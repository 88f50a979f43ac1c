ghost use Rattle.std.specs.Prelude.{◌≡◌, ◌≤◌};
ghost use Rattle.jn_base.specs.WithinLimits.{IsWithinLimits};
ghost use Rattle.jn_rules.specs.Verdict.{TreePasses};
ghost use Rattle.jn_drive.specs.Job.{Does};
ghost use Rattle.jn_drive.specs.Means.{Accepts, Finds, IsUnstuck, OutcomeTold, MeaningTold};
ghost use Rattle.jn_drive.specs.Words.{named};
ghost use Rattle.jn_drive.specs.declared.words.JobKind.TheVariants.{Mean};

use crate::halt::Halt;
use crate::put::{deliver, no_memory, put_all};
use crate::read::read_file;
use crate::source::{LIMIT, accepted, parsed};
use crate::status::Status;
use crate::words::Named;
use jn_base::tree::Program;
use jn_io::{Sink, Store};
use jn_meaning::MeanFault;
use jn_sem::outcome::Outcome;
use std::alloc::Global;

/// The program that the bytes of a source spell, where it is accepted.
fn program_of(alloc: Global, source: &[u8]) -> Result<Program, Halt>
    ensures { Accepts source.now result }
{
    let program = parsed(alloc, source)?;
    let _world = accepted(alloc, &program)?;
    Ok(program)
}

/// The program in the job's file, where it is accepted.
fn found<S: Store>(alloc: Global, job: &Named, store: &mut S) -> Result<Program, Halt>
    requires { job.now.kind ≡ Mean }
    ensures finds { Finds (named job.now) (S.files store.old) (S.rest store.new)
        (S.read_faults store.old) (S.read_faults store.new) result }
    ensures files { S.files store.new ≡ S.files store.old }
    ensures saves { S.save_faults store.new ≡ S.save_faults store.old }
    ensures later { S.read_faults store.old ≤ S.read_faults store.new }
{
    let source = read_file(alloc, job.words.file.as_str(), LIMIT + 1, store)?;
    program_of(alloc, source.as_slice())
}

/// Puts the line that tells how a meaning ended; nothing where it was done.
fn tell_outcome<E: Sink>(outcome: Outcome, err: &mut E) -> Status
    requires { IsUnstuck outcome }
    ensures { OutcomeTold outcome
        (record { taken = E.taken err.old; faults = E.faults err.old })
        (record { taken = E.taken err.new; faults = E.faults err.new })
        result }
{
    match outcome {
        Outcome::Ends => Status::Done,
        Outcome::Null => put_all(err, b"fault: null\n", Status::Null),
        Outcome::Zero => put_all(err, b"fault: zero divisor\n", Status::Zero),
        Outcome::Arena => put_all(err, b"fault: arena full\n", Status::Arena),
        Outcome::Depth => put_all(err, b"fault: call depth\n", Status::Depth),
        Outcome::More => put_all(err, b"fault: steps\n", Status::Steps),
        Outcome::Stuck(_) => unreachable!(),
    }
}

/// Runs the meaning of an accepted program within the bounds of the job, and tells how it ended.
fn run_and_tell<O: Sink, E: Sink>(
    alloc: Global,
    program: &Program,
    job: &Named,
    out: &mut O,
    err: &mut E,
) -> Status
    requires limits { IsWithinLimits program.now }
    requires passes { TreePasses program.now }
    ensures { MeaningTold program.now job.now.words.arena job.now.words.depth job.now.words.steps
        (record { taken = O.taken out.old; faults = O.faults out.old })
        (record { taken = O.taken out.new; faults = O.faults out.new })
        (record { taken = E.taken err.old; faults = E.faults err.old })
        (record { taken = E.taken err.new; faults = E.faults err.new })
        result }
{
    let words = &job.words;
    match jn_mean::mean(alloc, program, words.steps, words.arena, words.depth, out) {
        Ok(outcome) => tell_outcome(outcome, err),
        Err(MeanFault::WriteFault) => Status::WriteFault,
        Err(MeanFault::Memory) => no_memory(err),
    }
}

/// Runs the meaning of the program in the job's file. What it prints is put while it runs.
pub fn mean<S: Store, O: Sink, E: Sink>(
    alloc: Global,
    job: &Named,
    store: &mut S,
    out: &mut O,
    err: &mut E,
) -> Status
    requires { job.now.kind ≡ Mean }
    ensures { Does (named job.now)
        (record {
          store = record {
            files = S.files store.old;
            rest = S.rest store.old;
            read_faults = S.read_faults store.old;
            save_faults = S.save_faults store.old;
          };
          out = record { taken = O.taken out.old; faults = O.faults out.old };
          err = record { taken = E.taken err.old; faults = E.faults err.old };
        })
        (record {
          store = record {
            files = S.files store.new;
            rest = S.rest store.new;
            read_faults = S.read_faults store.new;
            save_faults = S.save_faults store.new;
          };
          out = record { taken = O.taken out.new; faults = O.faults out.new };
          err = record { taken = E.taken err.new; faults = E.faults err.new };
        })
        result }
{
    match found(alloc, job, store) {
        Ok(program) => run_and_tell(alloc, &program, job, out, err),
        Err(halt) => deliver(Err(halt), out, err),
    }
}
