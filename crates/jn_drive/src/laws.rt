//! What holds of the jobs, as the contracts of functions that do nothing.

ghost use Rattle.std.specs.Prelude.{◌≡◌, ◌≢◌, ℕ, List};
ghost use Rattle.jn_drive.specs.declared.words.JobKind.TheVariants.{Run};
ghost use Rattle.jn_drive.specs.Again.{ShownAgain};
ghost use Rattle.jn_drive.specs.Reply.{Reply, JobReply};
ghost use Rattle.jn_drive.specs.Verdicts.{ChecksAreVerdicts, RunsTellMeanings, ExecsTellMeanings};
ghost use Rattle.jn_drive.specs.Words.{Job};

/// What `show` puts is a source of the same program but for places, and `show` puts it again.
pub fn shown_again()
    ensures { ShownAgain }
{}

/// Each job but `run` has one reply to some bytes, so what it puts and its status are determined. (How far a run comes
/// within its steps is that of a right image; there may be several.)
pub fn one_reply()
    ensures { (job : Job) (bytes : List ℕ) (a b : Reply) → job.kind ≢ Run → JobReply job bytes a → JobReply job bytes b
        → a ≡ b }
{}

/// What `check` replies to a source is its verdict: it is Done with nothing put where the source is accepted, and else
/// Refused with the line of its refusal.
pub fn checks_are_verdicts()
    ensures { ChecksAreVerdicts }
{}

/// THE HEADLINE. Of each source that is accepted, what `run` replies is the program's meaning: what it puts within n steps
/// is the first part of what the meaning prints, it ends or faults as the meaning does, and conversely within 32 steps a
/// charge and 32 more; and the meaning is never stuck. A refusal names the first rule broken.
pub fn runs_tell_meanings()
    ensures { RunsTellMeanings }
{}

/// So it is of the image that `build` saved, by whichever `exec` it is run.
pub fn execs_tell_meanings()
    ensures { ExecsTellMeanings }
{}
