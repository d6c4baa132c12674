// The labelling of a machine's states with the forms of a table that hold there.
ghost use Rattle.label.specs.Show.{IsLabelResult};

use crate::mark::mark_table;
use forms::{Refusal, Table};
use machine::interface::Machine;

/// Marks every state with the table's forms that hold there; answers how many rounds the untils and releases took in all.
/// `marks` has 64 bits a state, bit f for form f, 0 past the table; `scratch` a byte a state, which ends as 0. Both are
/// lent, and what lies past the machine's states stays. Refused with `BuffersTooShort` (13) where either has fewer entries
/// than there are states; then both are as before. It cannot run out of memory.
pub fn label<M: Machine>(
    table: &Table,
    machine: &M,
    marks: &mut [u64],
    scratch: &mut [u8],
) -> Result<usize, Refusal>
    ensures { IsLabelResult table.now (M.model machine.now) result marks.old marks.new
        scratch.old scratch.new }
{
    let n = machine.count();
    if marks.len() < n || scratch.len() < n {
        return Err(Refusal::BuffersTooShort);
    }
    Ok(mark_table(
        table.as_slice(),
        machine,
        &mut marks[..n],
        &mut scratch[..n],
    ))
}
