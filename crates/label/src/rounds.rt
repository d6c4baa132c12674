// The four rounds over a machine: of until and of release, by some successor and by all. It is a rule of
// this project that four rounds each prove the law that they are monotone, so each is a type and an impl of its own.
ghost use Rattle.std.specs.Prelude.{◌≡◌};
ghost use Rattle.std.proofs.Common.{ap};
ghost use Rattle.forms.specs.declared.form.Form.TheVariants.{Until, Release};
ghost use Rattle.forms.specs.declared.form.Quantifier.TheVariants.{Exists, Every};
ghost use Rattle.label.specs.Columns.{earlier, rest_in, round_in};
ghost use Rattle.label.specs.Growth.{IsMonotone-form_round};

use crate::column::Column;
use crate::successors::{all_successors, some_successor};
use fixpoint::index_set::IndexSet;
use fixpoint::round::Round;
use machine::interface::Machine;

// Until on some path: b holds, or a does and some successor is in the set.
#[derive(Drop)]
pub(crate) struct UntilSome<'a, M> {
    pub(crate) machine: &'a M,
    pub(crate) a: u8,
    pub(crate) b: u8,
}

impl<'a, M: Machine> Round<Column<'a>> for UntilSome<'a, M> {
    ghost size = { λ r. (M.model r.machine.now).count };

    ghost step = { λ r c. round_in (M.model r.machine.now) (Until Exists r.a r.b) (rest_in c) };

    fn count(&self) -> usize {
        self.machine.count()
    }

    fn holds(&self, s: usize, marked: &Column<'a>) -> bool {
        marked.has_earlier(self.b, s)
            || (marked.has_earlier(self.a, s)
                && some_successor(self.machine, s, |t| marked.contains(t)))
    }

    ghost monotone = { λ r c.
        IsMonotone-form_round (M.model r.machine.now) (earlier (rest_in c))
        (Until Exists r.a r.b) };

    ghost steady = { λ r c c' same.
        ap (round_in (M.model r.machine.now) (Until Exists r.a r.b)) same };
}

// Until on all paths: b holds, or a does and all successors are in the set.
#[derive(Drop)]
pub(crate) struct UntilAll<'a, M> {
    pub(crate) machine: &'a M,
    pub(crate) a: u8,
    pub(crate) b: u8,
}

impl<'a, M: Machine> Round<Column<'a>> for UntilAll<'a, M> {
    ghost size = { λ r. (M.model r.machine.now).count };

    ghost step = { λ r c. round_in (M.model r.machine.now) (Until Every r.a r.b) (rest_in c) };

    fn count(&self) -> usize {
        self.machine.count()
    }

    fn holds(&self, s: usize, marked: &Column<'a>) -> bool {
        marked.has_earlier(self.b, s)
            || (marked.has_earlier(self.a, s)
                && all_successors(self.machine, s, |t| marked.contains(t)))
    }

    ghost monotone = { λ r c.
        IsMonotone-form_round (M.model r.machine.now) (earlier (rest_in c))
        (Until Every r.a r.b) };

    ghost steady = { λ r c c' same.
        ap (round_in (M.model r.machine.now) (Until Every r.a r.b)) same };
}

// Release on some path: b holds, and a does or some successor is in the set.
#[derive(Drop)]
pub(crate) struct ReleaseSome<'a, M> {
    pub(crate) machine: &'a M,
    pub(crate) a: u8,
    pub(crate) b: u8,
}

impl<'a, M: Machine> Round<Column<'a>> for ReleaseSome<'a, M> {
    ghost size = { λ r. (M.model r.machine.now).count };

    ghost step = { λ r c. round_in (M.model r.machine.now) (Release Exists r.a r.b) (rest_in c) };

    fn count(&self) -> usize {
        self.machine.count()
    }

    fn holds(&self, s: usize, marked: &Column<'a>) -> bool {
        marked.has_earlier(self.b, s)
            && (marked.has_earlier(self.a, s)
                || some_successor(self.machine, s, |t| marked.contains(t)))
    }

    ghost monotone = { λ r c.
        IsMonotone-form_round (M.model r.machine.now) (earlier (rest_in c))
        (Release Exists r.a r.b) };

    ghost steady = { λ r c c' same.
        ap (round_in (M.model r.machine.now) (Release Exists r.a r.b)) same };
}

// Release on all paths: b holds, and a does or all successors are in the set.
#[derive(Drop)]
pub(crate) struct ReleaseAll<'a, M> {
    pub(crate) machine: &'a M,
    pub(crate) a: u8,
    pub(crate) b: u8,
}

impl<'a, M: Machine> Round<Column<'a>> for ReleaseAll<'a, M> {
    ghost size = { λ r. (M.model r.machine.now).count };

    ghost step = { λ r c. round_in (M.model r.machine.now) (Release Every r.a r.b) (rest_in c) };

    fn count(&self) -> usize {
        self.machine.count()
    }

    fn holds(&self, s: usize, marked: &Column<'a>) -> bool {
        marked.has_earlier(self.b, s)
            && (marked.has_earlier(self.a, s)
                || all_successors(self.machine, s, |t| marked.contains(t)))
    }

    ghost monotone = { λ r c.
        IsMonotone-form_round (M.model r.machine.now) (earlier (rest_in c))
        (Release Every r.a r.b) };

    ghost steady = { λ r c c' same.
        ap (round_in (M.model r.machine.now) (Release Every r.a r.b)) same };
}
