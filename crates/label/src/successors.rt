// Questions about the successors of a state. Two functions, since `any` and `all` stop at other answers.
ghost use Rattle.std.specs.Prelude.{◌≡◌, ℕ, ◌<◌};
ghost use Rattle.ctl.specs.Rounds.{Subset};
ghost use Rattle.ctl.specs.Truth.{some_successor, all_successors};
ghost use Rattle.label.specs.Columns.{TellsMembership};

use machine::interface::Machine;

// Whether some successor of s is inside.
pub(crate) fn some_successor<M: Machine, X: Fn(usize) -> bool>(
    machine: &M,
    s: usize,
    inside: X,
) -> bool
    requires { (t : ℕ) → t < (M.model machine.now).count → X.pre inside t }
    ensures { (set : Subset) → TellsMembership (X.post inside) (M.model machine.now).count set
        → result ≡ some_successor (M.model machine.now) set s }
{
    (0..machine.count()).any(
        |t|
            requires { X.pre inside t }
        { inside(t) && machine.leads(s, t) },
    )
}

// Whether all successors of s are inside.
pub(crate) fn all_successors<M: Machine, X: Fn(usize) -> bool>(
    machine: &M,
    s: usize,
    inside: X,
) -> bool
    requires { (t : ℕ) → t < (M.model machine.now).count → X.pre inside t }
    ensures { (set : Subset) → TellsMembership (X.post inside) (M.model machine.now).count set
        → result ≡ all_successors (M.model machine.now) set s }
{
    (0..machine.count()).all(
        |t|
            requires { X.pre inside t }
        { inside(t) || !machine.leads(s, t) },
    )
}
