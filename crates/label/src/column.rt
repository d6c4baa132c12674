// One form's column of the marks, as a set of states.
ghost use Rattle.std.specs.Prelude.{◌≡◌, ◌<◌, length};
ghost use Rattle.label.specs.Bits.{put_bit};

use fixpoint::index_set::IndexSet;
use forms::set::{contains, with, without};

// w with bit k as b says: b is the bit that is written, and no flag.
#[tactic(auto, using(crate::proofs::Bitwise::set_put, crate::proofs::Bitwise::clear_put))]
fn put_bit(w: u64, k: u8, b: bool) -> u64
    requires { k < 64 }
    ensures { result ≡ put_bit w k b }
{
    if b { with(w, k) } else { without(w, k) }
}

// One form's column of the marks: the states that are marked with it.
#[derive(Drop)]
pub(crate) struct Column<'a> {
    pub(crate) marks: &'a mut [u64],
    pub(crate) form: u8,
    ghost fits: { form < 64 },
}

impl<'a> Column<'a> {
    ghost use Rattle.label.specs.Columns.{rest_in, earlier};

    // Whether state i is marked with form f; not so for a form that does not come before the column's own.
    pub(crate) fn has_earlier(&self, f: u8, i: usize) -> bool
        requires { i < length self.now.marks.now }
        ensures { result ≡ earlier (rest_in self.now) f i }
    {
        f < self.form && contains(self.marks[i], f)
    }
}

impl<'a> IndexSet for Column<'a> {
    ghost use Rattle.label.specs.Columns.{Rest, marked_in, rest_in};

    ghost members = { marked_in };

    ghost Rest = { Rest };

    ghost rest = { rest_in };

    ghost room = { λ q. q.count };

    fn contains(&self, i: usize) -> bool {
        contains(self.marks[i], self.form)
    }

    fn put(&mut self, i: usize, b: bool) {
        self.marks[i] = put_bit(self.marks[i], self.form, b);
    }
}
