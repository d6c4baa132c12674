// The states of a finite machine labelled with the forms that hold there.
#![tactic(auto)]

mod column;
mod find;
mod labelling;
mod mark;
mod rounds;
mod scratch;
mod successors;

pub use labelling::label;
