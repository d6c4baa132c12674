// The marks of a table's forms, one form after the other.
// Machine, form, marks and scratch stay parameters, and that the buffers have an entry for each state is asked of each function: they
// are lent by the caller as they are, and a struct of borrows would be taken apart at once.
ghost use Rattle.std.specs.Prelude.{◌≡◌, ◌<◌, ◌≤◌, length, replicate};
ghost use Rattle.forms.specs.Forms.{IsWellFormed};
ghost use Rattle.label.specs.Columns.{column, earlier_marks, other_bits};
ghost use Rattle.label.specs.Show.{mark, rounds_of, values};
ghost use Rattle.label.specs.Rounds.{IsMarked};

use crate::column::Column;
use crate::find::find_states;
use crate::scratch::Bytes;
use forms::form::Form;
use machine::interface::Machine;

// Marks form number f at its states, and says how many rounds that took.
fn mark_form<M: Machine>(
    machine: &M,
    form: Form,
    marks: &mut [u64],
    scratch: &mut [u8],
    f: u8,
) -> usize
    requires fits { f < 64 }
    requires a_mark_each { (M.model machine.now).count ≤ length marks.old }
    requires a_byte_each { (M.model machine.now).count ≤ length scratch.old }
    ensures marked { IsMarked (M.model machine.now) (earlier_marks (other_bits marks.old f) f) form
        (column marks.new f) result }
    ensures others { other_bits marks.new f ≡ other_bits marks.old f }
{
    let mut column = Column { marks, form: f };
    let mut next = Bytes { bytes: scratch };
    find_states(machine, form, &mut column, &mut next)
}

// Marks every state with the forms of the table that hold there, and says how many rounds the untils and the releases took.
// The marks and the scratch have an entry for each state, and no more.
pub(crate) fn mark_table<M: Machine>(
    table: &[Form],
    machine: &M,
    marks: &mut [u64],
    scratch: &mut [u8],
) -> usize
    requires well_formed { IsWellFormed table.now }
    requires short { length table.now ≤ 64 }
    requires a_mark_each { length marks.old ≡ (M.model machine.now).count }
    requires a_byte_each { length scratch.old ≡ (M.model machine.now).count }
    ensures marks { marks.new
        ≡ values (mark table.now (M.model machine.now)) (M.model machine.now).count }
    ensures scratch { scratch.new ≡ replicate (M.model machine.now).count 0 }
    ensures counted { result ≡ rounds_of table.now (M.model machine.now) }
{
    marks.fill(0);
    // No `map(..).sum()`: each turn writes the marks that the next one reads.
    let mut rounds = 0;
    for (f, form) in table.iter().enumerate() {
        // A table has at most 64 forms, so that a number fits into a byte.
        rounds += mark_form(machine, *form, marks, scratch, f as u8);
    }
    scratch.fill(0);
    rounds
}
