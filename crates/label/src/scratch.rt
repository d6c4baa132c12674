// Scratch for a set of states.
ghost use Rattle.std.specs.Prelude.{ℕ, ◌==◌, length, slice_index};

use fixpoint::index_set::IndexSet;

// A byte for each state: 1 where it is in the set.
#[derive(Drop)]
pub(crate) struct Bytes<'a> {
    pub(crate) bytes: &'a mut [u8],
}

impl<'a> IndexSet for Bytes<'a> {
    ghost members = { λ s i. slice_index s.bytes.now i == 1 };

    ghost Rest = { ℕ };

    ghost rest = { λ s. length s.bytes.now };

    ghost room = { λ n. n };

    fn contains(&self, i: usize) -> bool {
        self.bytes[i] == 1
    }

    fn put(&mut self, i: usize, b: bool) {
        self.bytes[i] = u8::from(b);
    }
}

WORK ITEM: A complete answer reproduces every line of the records in which the word "deliver" occurs.

RESULT OF THIS TASK:
use crate::put::{deliver, no_memory, put_all};
        Err(halt) => deliver(Err(halt), out, err),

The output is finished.